--- Extracted data ---
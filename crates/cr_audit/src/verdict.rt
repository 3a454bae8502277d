//! Verdicts on nodes.

/// An item of a query, by its index from 0: a count of a mark, a count of a method, a pattern, or the limit on changes of
/// method.
#[derive(Clone, Copy, Debug, PartialEq, Eq)]
pub enum Item {
    /// An item of `counts`.
    Count(u64),
    /// An item of `method_counts`.
    Leads(u64),
    /// An item of `patterns`.
    Rows(u64),
    /// The limit on changes of method.
    Com,
}

/// What a line of a log says of its node. Places of rows and indexes count from 0.
#[derive(Clone, Copy, Debug, PartialEq, Eq)]
pub enum Verdict {
    /// The node is valid, and the lines of its children come next.
    Open,
    /// It is longer than a part may be.
    Long,
    /// Its rows at these two places are equal.
    Again(u64, u64),
    /// Its row at this place is rounds, too early.
    Home(u64),
    /// It has more than this item allows.
    Many(Item),
    /// It can't come to have what this item asks for.
    Few(Item),
    /// Its steps from this one on are less than as many at its beginning.
    Back(u64),
}
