//! What no clause says: how a call ends whose reads, writes or notes fail one after another, and whose workers find no
//! memory.

ghost use Rattle.std.specs.Prelude.{⊤};

use crate::stop_tests::{ALL_DOUBLES, DOUBLES};
use crate::test_calls::{Ending, ends_with};
use cr_board::{Board, Opening};
use cr_explore::RowSearch;
use cr_model::Problem;
use cr_node::{Done, Explorer, Node};
use cr_read::read_problem;
use cr_row::NoMemory;
use cr_run::run_workers;
use std::alloc::Global;
use std::sync::atomic::AtomicU64;
use std::sync::atomic::Ordering::SeqCst;
use std::test::Fail;

// Ok where a call ended as it should, and else which call of which kind failed.
fn check_call(name: &'static str, call: u64, is_as_wanted: bool) -> Result<(), Fail> {
    if is_as_wanted {
        Ok(())
    } else {
        Err(Fail::new(format_args!("{name}: {call}")))
    }
}

const STOP: &[&str] = &["--turns", "2"];

const STOPPED: &str = "ringsearch checkpoint 2
problem 124
stage = 5
[[method]]
letter = \"A\"
notation = \"5.1.5.1.5,125\"
[[call]]
mark = \"b\"
notation = \"145\"
[query]
min = 1
max = 120

found 0
jobs 2
job 1
0 b
job 2
0 pb
1 p
end
";

const BOOK: Ending<'static> = (0, ALL_DOUBLES, "");

const CHECKPOINT: Ending<'static> = (3, STOPPED, "ringsearch: stopped after 2 turns\n");

const UNREAD: Ending<'static> = (6, "", "ringsearch: read failed\n");

const UNWRITTEN: Ending<'static> = (7, "", "ringsearch: write failed\n");

// The front of a text, or all of it.
fn front(text: &str, length: usize) -> &str {
    text.get(..length).unwrap_or(text)
}

// Which reads fail, the words, how many bytes a read gives at most, how many reads there are, and how the call ends
// where none fails. The file has 124 bytes, and the last read gives none.
type Reads = (
    &'static str,
    &'static [&'static str],
    u64,
    u8,
    Ending<'static>,
);

const READS: [Reads; 3] = [
    ("reads of 50 bytes", &[], 50, 4, BOOK),
    ("reads of a byte", &[], 1, 125, BOOK),
    ("reads of a byte before a stop", STOP, 1, 125, CHECKPOINT),
];

#[test]
fn each_read_fails_in_turn(rt: HostRuntime) -> Result<(), Fail> {
    for (name, words, most, reads, whole) in READS {
        for before in 0..=reads {
            let call = u64::from(before) + 1;
            let ending = if before < reads { UNREAD } else { whole };
            let faults = (call, 0, 0);
            let is_as_wanted = ends_with(
                &rt,
                words,
                DOUBLES.as_bytes(),
                most.max(1),
                faults,
                ending,
            )?;
            check_call(name, call, is_as_wanted)?;
        }
    }
    Ok(())
}

// Which writes fail, the words, how many writes there are, of 16 bytes but for the last, and how the call ends where none
// fails. The book has 66 bytes, and the checkpoint 205.
type Writes = (&'static str, &'static [&'static str], u8, Ending<'static>);

const WRITES: [Writes; 2] = [
    ("writes of a book", &[], 5, BOOK),
    ("writes of a checkpoint", STOP, 13, CHECKPOINT),
];

#[test]
fn each_write_fails_in_turn(rt: HostRuntime) -> Result<(), Fail> {
    for (name, words, writes, whole) in WRITES {
        let (_, text, _) = whole;
        for before in 0..=writes {
            let call = u64::from(before) + 1;
            let (code, _, noted) = UNWRITTEN;
            let broken = (code, front(text, usize::from(before) * 16), noted);
            let ending = if before < writes { broken } else { whole };
            let faults = (0, call, 0);
            let is_as_wanted = ends_with(&rt, words, DOUBLES.as_bytes(), 50, faults, ending)?;
            check_call(name, call, is_as_wanted)?;
        }
    }
    Ok(())
}

// Which writes of a note fail, the words, the read and the write that fail before, how many bytes are written before each
// piece of the note and after the last one, and how the call ends where the note does not fail.
type Notes = (
    &'static str,
    &'static [&'static str],
    (u64, u64),
    &'static [usize],
    Ending<'static>,
);

const NOTES: [Notes; 3] = [
    (
        "a note on turns",
        STOP,
        (0, 0),
        &[0, 12, 26, 27, 33, 34],
        CHECKPOINT,
    ),
    ("a note on a read", &[], (1, 0), &[0, 12, 23, 24], UNREAD),
    (
        "a note on a write",
        &[],
        (0, 1),
        &[0, 12, 24, 25],
        UNWRITTEN,
    ),
];

#[test]
fn each_write_of_a_note_fails_in_turn(rt: HostRuntime) -> Result<(), Fail> {
    for (name, words, (read, write), lengths, (code, text, note)) in NOTES {
        let mut call = 0u64;
        for length in lengths {
            call = call.saturating_add(1);
            let ending = (code, text, front(note, *length));
            let faults = (read, write, call);
            let is_as_wanted = ends_with(&rt, words, DOUBLES.as_bytes(), 50, faults, ending)?;
            check_call(name, call, is_as_wanted)?;
        }
    }
    Ok(())
}

// A search whose first calls find no memory.
#[derive(Drop)]
struct Refusing {
    search: RowSearch,
    calls: AtomicU64,
    refused: u64,
}

impl Explorer for Refusing {
    ghost explores = { λ r. r.search };

    ghost gives = { λ r job turns done. ⊤ };

    fn problem(&self) -> &Problem {
        self.search.problem()
    }

    fn explore(&self, alloc: Global, job: &[Node], turns: u64) -> Result<Done, NoMemory> {
        if self.calls.fetch_add(1, SeqCst) < self.refused {
            return Err(NoMemory);
        }
        self.search.explore(alloc, job, turns)
    }
}

// The touches of Plain Bob Doubles.
const TOUCHES: &[&[u8]] = &[
    &[1, 1],
    &[0, 0, 0, 0],
    &[0, 1, 0, 1, 0, 1],
    &[0, 0, 1, 0, 1, 0, 0, 1, 0, 1],
    &[0, 0, 0, 1, 0, 0, 0, 1, 0, 0, 0, 1],
];

// Whether a board found a touch.
fn has_found(board: &Board, touch: &[u8]) -> bool {
    for found in board.found() {
        if found.steps() == touch {
            return true;
        }
    }
    false
}

/// Whether a board found all touches of Plain Bob Doubles, and no others.
pub fn has_all(board: &Board) -> bool {
    for touch in TOUCHES {
        if !has_found(board, touch) {
            return false;
        }
    }
    board.found().len() == TOUCHES.len()
}

// How many calls of two workers find no memory, and whether the run finishes: each refused worker leaves, and then one
// worker has one try more.
const REFUSALS: [(u64, bool); 3] = [(1, true), (2, true), (3, false)];

#[test]
fn workers_without_memory_leave(rt: HostRuntime) -> Result<(), Fail> {
    let alloc = rt.alloc();
    for (refused, finishes) in REFUSALS {
        let problem = match read_problem(alloc, DOUBLES.as_bytes()) {
            Ok(problem) => problem,
            Err(_) => return Err(Fail::from("it is a problem file")),
        };
        let explorer = Refusing {
            search: RowSearch::new(alloc, &problem)?,
            calls: AtomicU64::new(0),
            refused,
        };
        let opening = Opening::fresh(alloc, problem, None, 2)?;
        let finished = match run_workers(&rt, alloc, opening, &explorer) {
            Ok(board) => has_all(&board),
            Err(NoMemory) => false,
        };
        assert_eq!(rt; finished, finishes);
    }
    Ok(())
}
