//! Laws of logs, by topic. Each is the contract of a function that does nothing.

mod examples;
mod proving;

pub use examples::{
    a_log_of_plain_bob_minimus, items_that_have_too_few, items_that_have_too_many,
    lines_by_example, open_and_long_meet_at_the_cap, rows_that_come_again, rows_that_come_round,
    steps_that_turn_back,
};
pub use proving::{
    a_text_begins_with_one_line, all_logs_prove_one_list, an_audit_has_one_answer,
    what_a_log_proves_is_the_book,
};
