//! Which touches are kept.

ghost use Rattle.std.specs.Prelude.{◌≡◌, ◌↔◌, ◌≤◌, pos, ◌≤ℤ◌, length, IsTrue, IfOk, All};
ghost use Rattle.cr_row.specs.Rows.{rounds};
ghost use Rattle.cr_model.specs.Callings.{HasSteps, head_of, length_of};
ghost use Rattle.cr_model.specs.Decided.{rotated};
ghost use Rattle.cr_model.specs.OneTurn.{touch_of};
ghost use Rattle.cr_model.specs.Queries.{cap, IsWithin, MeetsCom, leads_marked, leads_lettered, rows_fitting, changes_of_method};
ghost use Rattle.cr_model.specs.Touches.{Wanted, Kept, IsLess};
ghost use Rattle.cr_audit.specs.Keeping.{AreMarkedAsAsked, AreLetteredAsAsked, HasLeadsAsked, AreRowsAsked, IsLeast, IsBetter, HasNoneBetter};
ghost use Rattle.cr_audit.specs.Paths.{IsOpen};

use crate::counting::{changes_of_method, lettered, marked};
use crate::differing::Marks;
use crate::fitting::fitting_in;
use crate::judging::{
    com_of, counts_of, is_turn_free, least_length, method_counts_of, patterns_of,
};
use crate::limits::{in_parts, is_within, reaches};
use crate::path::{Path, ring_rest};
use cr_model::laws::{a_rotation_of_a_true_touch_is_one, a_rotation_of_a_wanted_touch_is_wanted};
use cr_model::{Calling, Count, MethodCount, Pattern, Problem};
use cr_row::{NoMemory, Row};
use std::alloc::Global;
use std::cmp::Ordering;

/// Whether the touch of an open node is kept, where it comes round: it is a true touch that meets the query, and no
/// rotation of it is so and less. Err where no memory is left.
///
/// Where the query is the same for all rotations a less one tells at once that the touch is not kept. Else each less
/// rotation is asked.
pub fn is_kept(
    alloc: Global,
    problem: &Problem,
    marks: &mut Marks,
    path: &Path,
    touch: &Calling,
) -> Result<bool, NoMemory>
    requires open { IsOpen problem.now path.now }
    requires touch { touch.now ≡ touch_of problem.now path.now.node.items }
    requires round { head_of problem.now touch.now ≡ rounds problem.now.stage }
    ensures { IfOk result (λ kept. IsTrue kept ↔ Kept problem.now touch.now) }
{
    a_rotation_of_a_true_touch_is_one();
    a_rotation_of_a_wanted_touch_is_wanted();
    let least = is_least(touch.steps());
    if !least && is_turn_free(problem.query()) {
        return Ok(false);
    }
    if !is_wanted(alloc, problem, marks, path, touch)? {
        return Ok(false);
    }
    if least {
        return Ok(true);
    }
    none_is_better(alloc, problem, touch)
}

// Whether the touch is a true one that meets the query.
fn is_wanted(
    alloc: Global,
    problem: &Problem,
    marks: &mut Marks,
    path: &Path,
    touch: &Calling,
) -> Result<bool, NoMemory>
    requires open { IsOpen problem.now path.now }
    requires touch { touch.now ≡ touch_of problem.now path.now.node.items }
    requires round { head_of problem.now touch.now ≡ rounds problem.now.stage }
    ensures { IfOk result (λ wanted. IsTrue wanted ↔ Wanted problem.now touch.now) }
{
    let _ = problem.stage();
    if !has_leads_asked(problem, path, touch) {
        return Ok(false);
    }
    let mut rows = path.rows.as_slice().to_vec(alloc)?;
    ring_rest(&mut rows, problem, touch.steps(), path.node.len())?;
    if !marks.differ(&rows) {
        return Ok(false);
    }
    Ok(are_rows_asked(problem, &rows))
}

// Whether the touch's leads are what the query asks for.
fn has_leads_asked(problem: &Problem, path: &Path, touch: &Calling) -> bool
    requires open { IsOpen problem.now path.now }
    requires touch { touch.now ≡ touch_of problem.now path.now.node.items }
    ensures { IsTrue result ↔ HasLeadsAsked problem.now touch.now }
{
    has_length(problem, touch)
        && are_marked_as_asked(problem, path)
        && are_lettered_as_asked(problem, path)
        && is_com_met(problem, touch.steps())
}

// Whether the length is from the least to the greatest.
fn has_length(problem: &Problem, touch: &Calling) -> bool
    requires { HasSteps problem.now touch.now }
    ensures { IsTrue result
        ↔ ((problem.now.query.min ≤ℤ pos (length_of problem.now touch.now)) × (length_of problem.now touch.now ≤ cap problem.now)) }
{
    let length = problem.length_of(touch);
    reaches(u128::from(length), least_length(problem.query())) && length <= problem.cap()
}

// Whether the counts of marks are within their limits.
fn are_marked_as_asked(problem: &Problem, path: &Path) -> bool
    requires { IsOpen problem.now path.now }
    ensures { IsTrue result ↔ AreMarkedAsAsked problem.now (touch_of problem.now path.now.node.items) }
{
    all_marked(problem, path, counts_of(problem.query()))
}

fn all_marked(problem: &Problem, path: &Path, counts: &[Count]) -> bool
    requires { IsOpen problem.now path.now }
    ensures { IsTrue result ↔ All (λ count. IsWithin count.min count.max (leads_marked problem.now count.mark (touch_of problem.now path.now.node.items))) counts.now }
{
    for index in 0..counts.len() {
        if !is_marked(problem, path, counts[index]) {
            return false;
        }
    }
    true
}

fn is_marked(problem: &Problem, path: &Path, count: Count) -> bool
    requires { IsOpen problem.now path.now }
    ensures { IsTrue result ↔ IsWithin count.min count.max (leads_marked problem.now count.mark (touch_of problem.now path.now.node.items)) }
{
    is_within(
        count.min,
        count.max,
        all_with_mark(problem, path, count.mark),
    )
}

// How many leads of the touch have the mark.
fn all_with_mark(problem: &Problem, path: &Path, mark: u8) -> u128
    requires { IsOpen problem.now path.now }
    ensures { result ≡ leads_marked problem.now mark (touch_of problem.now path.now.node.items) }
{
    in_parts(problem.parts(), u128::from(marked(problem, path, mark)))
}

// Whether the counts of methods are within their limits.
fn are_lettered_as_asked(problem: &Problem, path: &Path) -> bool
    requires { IsOpen problem.now path.now }
    ensures { IsTrue result ↔ AreLetteredAsAsked problem.now (touch_of problem.now path.now.node.items) }
{
    all_lettered(problem, path, method_counts_of(problem.query()))
}

fn all_lettered(problem: &Problem, path: &Path, counts: &[MethodCount]) -> bool
    requires { IsOpen problem.now path.now }
    ensures { IsTrue result ↔ All (λ count. IsWithin count.min count.max (leads_lettered problem.now count.letter (touch_of problem.now path.now.node.items))) counts.now }
{
    for index in 0..counts.len() {
        if !is_lettered(problem, path, counts[index]) {
            return false;
        }
    }
    true
}

fn is_lettered(problem: &Problem, path: &Path, count: MethodCount) -> bool
    requires { IsOpen problem.now path.now }
    ensures { IsTrue result ↔ IsWithin count.min count.max (leads_lettered problem.now count.letter (touch_of problem.now path.now.node.items)) }
{
    is_within(
        count.min,
        count.max,
        all_with_letter(problem, path, count.letter),
    )
}

// How many leads of the touch are of the method with the letter.
fn all_with_letter(problem: &Problem, path: &Path, letter: u8) -> u128
    requires { IsOpen problem.now path.now }
    ensures { result ≡ leads_lettered problem.now letter (touch_of problem.now path.now.node.items) }
{
    in_parts(problem.parts(), u128::from(lettered(problem, path, letter)))
}

// Whether the limits on changes of method are met, if there are some.
fn is_com_met(problem: &Problem, steps: &[u8]) -> bool
    requires { HasSteps problem.now steps.now }
    ensures { IsTrue result ↔ MeetsCom problem.now.query.com (changes_of_method problem.now steps.now) }
{
    match com_of(problem.query()) {
        Some(limits) => is_within(
            limits.min,
            limits.max,
            u128::from(changes_of_method(problem, steps)),
        ),
        None => true,
    }
}

// Whether as many rows fit each pattern as it asks for.
fn are_rows_asked(problem: &Problem, rows: &[Row]) -> bool
    ensures { IsTrue result ↔ AreRowsAsked problem.now rows.now }
{
    all_fitting(patterns_of(problem.query()), rows)
}

fn all_fitting(patterns: &[Pattern], rows: &[Row]) -> bool
    ensures { IsTrue result ↔ All (λ pattern. IsWithin pattern.min pattern.max (rows_fitting pattern.cells rows.now)) patterns.now }
{
    for index in 0..patterns.len() {
        if !is_fitting(&patterns[index], rows) {
            return false;
        }
    }
    true
}

fn is_fitting(pattern: &Pattern, rows: &[Row]) -> bool
    ensures { IsTrue result ↔ IsWithin pattern.now.min pattern.now.max (rows_fitting pattern.now.cells rows.now) }
{
    has_number_asked(pattern, fitting_in(pattern, rows))
}

fn has_number_asked(pattern: &Pattern, number: u64) -> bool
    ensures { IsTrue result ↔ IsWithin pattern.now.min pattern.now.max number }
{
    is_within(pattern.min, pattern.max, u128::from(number))
}

// Whether no rotation of some steps is less.
fn is_least(steps: &[u8]) -> bool
    ensures { IsTrue result ↔ IsLeast steps.now }
{
    for by in 1..steps.len() {
        if is_less_turned(steps, by) {
            return false;
        }
    }
    true
}

// Whether the rotation that starts after so many steps is less.
fn is_less_turned(steps: &[u8], by: usize) -> bool
    requires { by ≤ length steps.now }
    ensures { IsTrue result ↔ IsLess (rotated by steps.now) steps.now }
{
    let behind = steps.len() - by;
    match steps[by..].cmp(&steps[..behind]) {
        Ordering::Less => true,
        Ordering::Equal => is_less(&steps[..by], &steps[behind..]),
        Ordering::Greater => false,
    }
}

fn is_less(steps: &[u8], others: &[u8]) -> bool
    ensures { IsTrue result ↔ IsLess steps.now others.now }
{
    match steps.cmp(others) {
        Ordering::Less => true,
        Ordering::Equal | Ordering::Greater => false,
    }
}

// Whether no rotation of a wanted touch is less and meets the query.
fn none_is_better(alloc: Global, problem: &Problem, touch: &Calling) -> Result<bool, NoMemory>
    requires { Wanted problem.now touch.now }
    ensures { IfOk result (λ none. IsTrue none ↔ HasNoneBetter problem.now touch.now) }
{
    for by in 1..touch.steps().len() {
        if is_better(alloc, problem, touch.steps(), by)? {
            return Ok(false);
        }
    }
    Ok(true)
}

// Whether the rotation that starts after so many leads is less and meets the query. What a query asks of all leads together
// any rotation meets.
fn is_better(alloc: Global, problem: &Problem, steps: &[u8], by: usize) -> Result<bool, NoMemory>
    requires wanted { Wanted problem.now steps.now }
    requires within { by ≤ length steps.now }
    ensures { IfOk result (λ better. IsTrue better ↔ IsBetter problem.now steps.now by) }
{
    a_rotation_of_a_true_touch_is_one();
    if !is_less_turned(steps, by) {
        return Ok(false);
    }
    let rotation = turned(alloc, steps, by)?;
    let mut rows = Vec::new(alloc);
    ring_rest(&mut rows, problem, &rotation, 0)?;
    Ok(is_com_met(problem, &rotation) && are_rows_asked(problem, &rows))
}

// The steps begun so many later.
fn turned(alloc: Global, steps: &[u8], by: usize) -> Result<Vec<u8>, NoMemory>
    requires { by ≤ length steps.now }
    ensures { IfOk result (λ rotation. rotation.items ≡ rotated by steps.now) }
{
    let mut rotation = steps[by..].to_vec(alloc)?;
    rotation.extend_from_slice(&steps[..by])?;
    Ok(rotation)
}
---
● **What you are asked to do**
Reproduce the lines of the records exactly, from the first one through the line that contains "use cr_read::read_problem;".

● **Exercise answer**
filename crates/cr_audit/src/verdict.rt
repository 3a454bae8502277d
//! Verdicts on nodes.

/// An item of a query, by its index from 0: a count of a mark, a count of a method, a pattern, or the limit on changes of
/// method.
#[derive(Clone, Copy, Debug, PartialEq, Eq)]
pub enum Item {
    /// An item of `counts`.
    Count(u64),
    /// An item of `method_counts`.
    Leads(u64),
    /// An item of `patterns`.
    Rows(u64),
    /// The limit on changes of method.
    Com,
}

/// What a line of a log says of its node. Places of rows and indexes count from 0.
#[derive(Clone, Copy, Debug, PartialEq, Eq)]
pub enum Verdict {
    /// The node is valid, and the lines of its children come next.
    Open,
    /// It is longer than a part may be.
    Long,
    /// Its rows at these two places are equal.
    Again(u64, u64),
    /// Its row at this place is rounds, too early.
    Home(u64),
    /// It has more than this item allows.
    Many(Item),
    /// It can't come to have what this item asks for.
    Few(Item),
    /// Its steps from this one on are less than as many at its beginning.
    Back(u64),
}
//! What no clause says: how a call ends whose reads, writes or notes fail one after another, and whose workers find no
//! memory.

ghost use Rattle.std.specs.Prelude.{⊤};

use crate::stop_tests::{ALL_DOUBLES, DOUBLES};
use crate::test_calls::{Ending, ends_with};
use cr_board::{Board, Opening};
use cr_explore::RowSearch;
use cr_model::Problem;
use cr_node::{Done, Explorer, Node};
use cr_read::read_problem;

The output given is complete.